Take each line of the data that contains the string "true" and copy it.

(DATA LISTING Opens)

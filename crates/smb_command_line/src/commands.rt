//! The words that the command line may have.

use super::account::ACCOUNT;
use super::clients::{HOSTS, PER_ADDRESS};
use super::options::{CommandRow, Needed, OptionRow, Takes, command_of};
use super::share::SHARE;
use clap::Command;
use smb_journal::VERSION;
use std::alloc::{AllocError, Global};

/// The end of the program's help.
const HELP: &str =
    "Built in, where no configuration is given: the share `data` with room for 64 MiB, and one user, `ann`,
whose token is 61 in hex, the letter `a`; guests are not let in. A token is the whole security buffer of a
SESSION_SETUP and no password: no client of Samba's sends `a`, so serve with --config guest.toml.

Who has an account logs in by NTLM, with the password that `account` made a hash of in the file of accounts.
Who comes in may write too, but for a user or an account with `readonly = true`, and for guests where the configuration
has `guest_readonly = true`: these may only read.

Examples:
  smbshare share FOLDER
  smbshare replay --explain < examples/two_clients
  smbshare serve --listen 127.0.0.1:4450 --config guest.toml --login ntlm
  smbshare serve --listen 127.0.0.1:4450 --login ntlm --accounts accounts.toml
  printf %s Password | smbshare account add accounts.toml ann
  echo 00000044fe534d42 | smbshare show

With --explain, and always on a terminal, `replay` and `serve` say in a second line what is wrong: of a
configuration the key, the line and the value, of accounts never a hash, of an address the system's reason, of a
line what was expected. A replay then says why the share refused a request or ended a connection.";

/// The end of the help of `replay`.
const REPLAY_HELP: &str = "Example:
  smbshare replay --config share.toml --explain < examples/two_clients

By NTLM the challenges come from --seed, so that each run of one text answers the same.";

/// The end of the help of `serve`.
const SERVE_HELP: &str =
    "Examples, of a share that lets guests in, and of one that lets in who has an account:
  smbshare serve --listen 127.0.0.1:4450 --config guest.toml --login ntlm
  smbshare serve --listen 127.0.0.1:4450 --login ntlm --accounts accounts.toml

A file of accounts, which `account` makes and changes, has a table for each, and nobody but its owner has a right to it:
  [[account]]
  name = \"ann\"
  nt_hash = \"a4f49c406510bdcab6824ee7c30fd852\"
  readonly = true    # where it may only read";

/// The end of the help of `check`.
const CHECK_HELP: &str = "Example:
  smbshare check --explain --config share.toml --login ntlm --accounts accounts.toml";

/// The end of the help of `nt-hash`.
const NT_HASH_HELP: &str =
    "The password is all of standard input, in UTF-8, but for one line feed at its end. Who has its hash can log in.

Example:
  printf %s Password | smbshare nt-hash";

/// The end of the help of `extract`.
const EXTRACT_HELP: &str = "Example:
  smbshare serve --listen 127.0.0.1:4450 --journal data.journal
  smbshare extract folder < data.journal";

/// The end of the help of `compact`.
const COMPACT_HELP: &str =
    "NEW has the same files, with their names, bytes, times, attributes and numbers, and nothing of what was before.
A journal that an older program made is one of events: this makes a journal of its files, which `serve` takes.

Example:
  smbshare compact < data.journal > shorter.journal";

/// The end of the help of `check-journal`.
const CHECK_JOURNAL_HELP: &str = "Nothing is written to it: it can be checked while it is served.

Example:
  smbshare check-journal data.journal";

/// The end of the help of `show`.
const SHOW_HELP: &str = "No share is made, so nothing is built in.

Examples, of a frame that ends too early, and of what a replay answers:
  echo 00000044fe534d42 | smbshare show
  smbshare replay < examples/two_clients | smbshare show --fields";

/// The configuration.
const CONFIG: OptionRow = OptionRow {
    name: "config",
    takes: Takes::Text("FILE"),
    needed: Needed::Never,
    bars: &[],
    help: "The configuration, a TOML file of at most 1 MiB [default: a share `data` of 64 MiB, the user `ann` with the token 61, no guests]",
};

/// More words on a fault.
const EXPLAIN: OptionRow = OptionRow {
    name: "explain",
    takes: Takes::Nothing,
    needed: Needed::Never,
    bars: &[],
    help: "Says in a second line what is wrong, and in a replay why a request was refused or a connection ended; always so on a terminal",
};

/// Reasons among the answers.
const REASONS: OptionRow = OptionRow {
    name: "reasons",
    takes: Takes::Nothing,
    needed: Needed::Never,
    bars: &["recording"],
    help: "Writes behind each answer, as a comment, why a request was refused or the connection ended",
};

/// An address.
const LISTEN: OptionRow = OptionRow {
    name: "listen",
    takes: Takes::Texts("ADDR"),
    needed: Needed::Always,
    bars: &[],
    help: "The IP address and port to listen on, such as 127.0.0.1:4450; port 0 for a free one; again for each address",
};

/// How clients log in.
const LOGIN: OptionRow = OptionRow {
    name: "login",
    takes: Takes::Word("HOW", &["token", "ntlm"]),
    needed: Needed::Never,
    bars: &[],
    help: "How clients log in: by a token of the configuration, or by NTLM as an account or a guest [default: token]",
};

/// Accounts.
const ACCOUNTS: OptionRow = OptionRow {
    name: "accounts",
    takes: Takes::Text("FILE"),
    needed: Needed::Never,
    bars: &[],
    help: "Who may log in by NTLM, a TOML file of at most 1 MiB, its owner's alone [default: guests alone]",
};

/// How sessions of accounts are signed.
const SIGNING: OptionRow = OptionRow {
    name: "signing",
    takes: Takes::Word("MODE", &["off", "offered", "required"]),
    needed: Needed::Never,
    bars: &[],
    help: "Whether accounts may sign what they send, or have to [default: the configuration's `signing`, or offered; of a replay off]",
};

/// What a seed is.
const SEED_HELP: &str =
    "The seed of NTLM's challenges, 32 hex digits, for tests [default, of `serve` alone: the system's]";

/// A seed.
const SEED: OptionRow = OptionRow {
    name: "seed",
    takes: Takes::Text("HEX"),
    needed: Needed::Never,
    bars: &[],
    help: SEED_HELP,
};

/// How long is served.
const TURNS: OptionRow = OptionRow {
    name: "turns",
    takes: Takes::Number("N", 1),
    needed: Needed::Never,
    bars: &[],
    help: "How many turns to serve [default: until it is ended]",
};

/// How long a client may be silent.
const IDLE: OptionRow = OptionRow {
    name: "idle",
    takes: Takes::Number("SECONDS", 0),
    needed: Needed::Never,
    bars: &[],
    help: "After how long a client is gone that says nothing and takes nothing, 0 for never [default: 3600]",
};

/// How long a client may be silent that was never answered.
const IDLE_NEW: OptionRow = OptionRow {
    name: "idle-new",
    takes: Takes::Number("SECONDS", 0),
    needed: Needed::Never,
    bars: &[],
    help: "After how long a client is gone that was never answered anything, 0 for never [default: 30]",
};

/// How much all clients may be owed.
const OWED: OptionRow = OptionRow {
    name: "owed",
    takes: Takes::Number("BYTES", 33_554_432),
    needed: Needed::Never,
    bars: &[],
    help: "How much all clients together may leave untaken before the one owed most is gone [default: 1073741824]",
};

/// A journal.
const JOURNAL: OptionRow = OptionRow {
    name: "journal",
    takes: Takes::Text("FILE"),
    needed: Needed::Never,
    bars: &["record"],
    help: "Keeps the share's files in FILE: what changes, before it is answered, and nothing else; begins with the files that FILE keeps where it exists",
};

/// A record.
const RECORD: OptionRow = OptionRow {
    name: "record",
    takes: Takes::Text("FILE"),
    needed: Needed::Never,
    bars: &[],
    help: "Writes all that happens into a new FILE, as text for a replay",
};

/// What is kept is to be on the disk.
const SYNC: OptionRow = OptionRow {
    name: "sync",
    takes: Takes::Nothing,
    needed: Needed::Never,
    bars: &[],
    help: "Has the system write FILE to the disk before anything is answered",
};

/// A log.
const LOG: OptionRow = OptionRow {
    name: "log",
    takes: Takes::Text("FILE"),
    needed: Needed::Never,
    bars: &[],
    help: "Adds a line for each event to FILE, or to standard error where FILE is -",
};

/// How much is logged.
const LOG_LEVEL: OptionRow = OptionRow {
    name: "log-level",
    takes: Takes::Word("LEVEL", &["sessions", "refusals", "requests"]),
    needed: Needed::Never,
    bars: &[],
    help: "Which requests are logged: those of sessions, those that were refused, or all [default: refusals]",
};

/// A log that has to be written.
const LOG_MUST: OptionRow = OptionRow {
    name: "log-must",
    takes: Takes::Nothing,
    needed: Needed::Never,
    bars: &[],
    help: "Ends the server where a line of the log can't be written",
};

/// A status.
const STATUS: OptionRow = OptionRow {
    name: "status",
    takes: Takes::Text("ADDR"),
    needed: Needed::Never,
    bars: &[],
    help: "Answers at this address and port what is going on: a page, /status.json, and /metrics for Prometheus",
};

/// A status for others.
const STATUS_ANYWHERE: OptionRow = OptionRow {
    name: "status-anywhere",
    takes: Takes::Nothing,
    needed: Needed::Never,
    bars: &[],
    help: "Lets the address of --status be one that other machines reach",
};

/// A status with names.
const STATUS_NAMES: OptionRow = OptionRow {
    name: "status-names",
    takes: Takes::Nothing,
    needed: Needed::Never,
    bars: &[],
    help: "Shows the names of open files in the status",
};

/// A folder to begin with.
const FROM: OptionRow = OptionRow {
    name: "from",
    takes: Takes::Text("FOLDER"),
    needed: Needed::Never,
    bars: &[],
    help: "Begins a new share with the files and folders of FOLDER; not where the file of --journal exists",
};

/// What of a folder is left out.
pub(crate) const SKIP: OptionRow = OptionRow {
    name: "skip",
    takes: Takes::Nothing,
    needed: Needed::Never,
    bars: &[],
    help: "Leaves out what of FOLDER can't be in the share, in place of ending there; standard error names it",
};

/// What is whole of a damaged journal.
const SALVAGE: OptionRow = OptionRow {
    name: "salvage",
    takes: Takes::Nothing,
    needed: Needed::Never,
    bars: &[],
    help: "Takes of a damaged journal what is whole before and behind the damage, and says what may be missing",
};

/// A clock.
const CLOCK: OptionRow = OptionRow {
    name: "clock",
    takes: Takes::Number("MOMENT", 0),
    needed: Needed::Never,
    bars: &[],
    help: "The moment of the first piece, in units of 100 ns since 1601; each further one comes a unit later, for tests [default: the system's clock]",
};

/// A recording.
const RECORDING: OptionRow = OptionRow {
    name: "recording",
    takes: Takes::Text("FILE"),
    needed: Needed::Never,
    bars: &["config", "login", "accounts", "signing", "seed"],
    help: "Replays what `serve` wrote into FILE by --record, which says itself of what share it is",
};

/// A folder to make.
const FOLDER: OptionRow = OptionRow {
    name: "folder",
    takes: Takes::First("FOLDER"),
    needed: Needed::Always,
    bars: &[],
    help: "The folder, which is made and must not exist",
};

/// A journal to look at.
const JOURNAL_FILE: OptionRow = OptionRow {
    name: "file",
    takes: Takes::First("FILE"),
    needed: Needed::Always,
    bars: &[],
    help: "The journal",
};

/// Fields.
const FIELDS: OptionRow = OptionRow {
    name: "fields",
    takes: Takes::Nothing,
    needed: Needed::Never,
    bars: &[],
    help: "Shows the fields of each request; or, of a replay's output, the status of each reply",
};

/// The seed of a replay, which has no other.
const SEED_OF_REPLAY: OptionRow = OptionRow {
    name: "seed",
    takes: Takes::Text("HEX"),
    needed: Needed::With("login", "ntlm"),
    bars: &[],
    help: SEED_HELP,
};

// The commands are in the order of the program's help, in three lists, each with a function of its own: one of all of them
// is too long for the search that proves its function safe.

/// The commands that perform what comes.
const PERFORMING: &[CommandRow] = &[
    CommandRow {
        name: "replay",
        about: "Replays the events of standard input on a new share, and prints what it answers",
        examples: REPLAY_HELP,
        options: &[
            CONFIG,
            EXPLAIN,
            REASONS,
            LOG,
            LOG_LEVEL,
            LOGIN,
            ACCOUNTS,
            SIGNING,
            SEED_OF_REPLAY,
            RECORDING,
        ],
    },
    CommandRow {
        name: "serve",
        about: "Serves a share over TCP",
        examples: SERVE_HELP,
        options: &[
            CONFIG,
            EXPLAIN,
            LISTEN,
            HOSTS,
            PER_ADDRESS,
            LOGIN,
            ACCOUNTS,
            SIGNING,
            SEED,
            TURNS,
            IDLE,
            IDLE_NEW,
            OWED,
            JOURNAL,
            RECORD,
            SYNC,
            LOG,
            LOG_LEVEL,
            LOG_MUST,
            STATUS,
            STATUS_ANYWHERE,
            STATUS_NAMES,
            FROM,
            SKIP,
            CLOCK,
        ],
    },
];

/// The command that serves a folder, and the one that says what would be served.
const SHARING: &[CommandRow] = &[
    SHARE,
    CommandRow {
        name: "check",
        about: "Prints what `serve` would serve by these files, for whom and within which limits; or what is wrong with them",
        examples: CHECK_HELP,
        options: &[CONFIG, EXPLAIN, LOGIN, ACCOUNTS, SIGNING],
    },
];

/// The commands that read or write files and serve nothing.
const OF_FILES: &[CommandRow] = &[
    CommandRow {
        name: "show",
        about: "Lists the requests of a client's stream, hex on standard input",
        examples: SHOW_HELP,
        options: &[FIELDS],
    },
    CommandRow {
        name: "extract",
        about: "Makes a new folder of the files that a journal or record on standard input leaves",
        examples: EXTRACT_HELP,
        options: &[FOLDER, SALVAGE],
    },
    CommandRow {
        name: "compact",
        about: "Writes a journal of the files that a journal or record on standard input leaves",
        examples: COMPACT_HELP,
        options: &[],
    },
    CommandRow {
        name: "check-journal",
        about: "Prints how much a journal keeps and how many of its bytes are whole",
        examples: CHECK_JOURNAL_HELP,
        options: &[JOURNAL_FILE],
    },
    CommandRow {
        name: "nt-hash",
        about: "Prints the NT hash of the password on standard input, for a file of accounts",
        examples: NT_HASH_HELP,
        options: &[],
    },
    ACCOUNT,
];

/// Adds commands.
fn with_rows<'a>(
    alloc: Global,
    mut command: Command<'a>,
    rows: &[CommandRow],
) -> Result<Command<'a>, AllocError> {
    for row in rows {
        command = command.subcommand(command_of(alloc, row)?)?;
    }
    Ok(command)
}

fn with_performing<'a>(alloc: Global, command: Command<'a>) -> Result<Command<'a>, AllocError> {
    with_rows(alloc, command, PERFORMING)
}

fn with_sharing<'a>(alloc: Global, command: Command<'a>) -> Result<Command<'a>, AllocError> {
    with_rows(alloc, command, SHARING)
}

fn with_files<'a>(alloc: Global, command: Command<'a>) -> Result<Command<'a>, AllocError> {
    with_rows(alloc, command, OF_FILES)
}

/// The command line.
pub fn command<'a>(alloc: Global) -> Result<Command<'a>, AllocError> {
    let command = Command::new(alloc, "smbshare")
        .version(VERSION)
        .about("A proved SMB2 file share. Without a command it replays standard input.")
        .after_help(HELP);
    let command = with_performing(alloc, command)?;
    let command = with_sharing(alloc, command)?;
    with_files(alloc, command)
}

(DATA LISTING Closes)

### TASK ANSWER
Who comes in may write too, but for a user or an account with `readonly = true`, and for guests where the configuration
has `guest_readonly = true`: these may only read.
  readonly = true    # where it may only read";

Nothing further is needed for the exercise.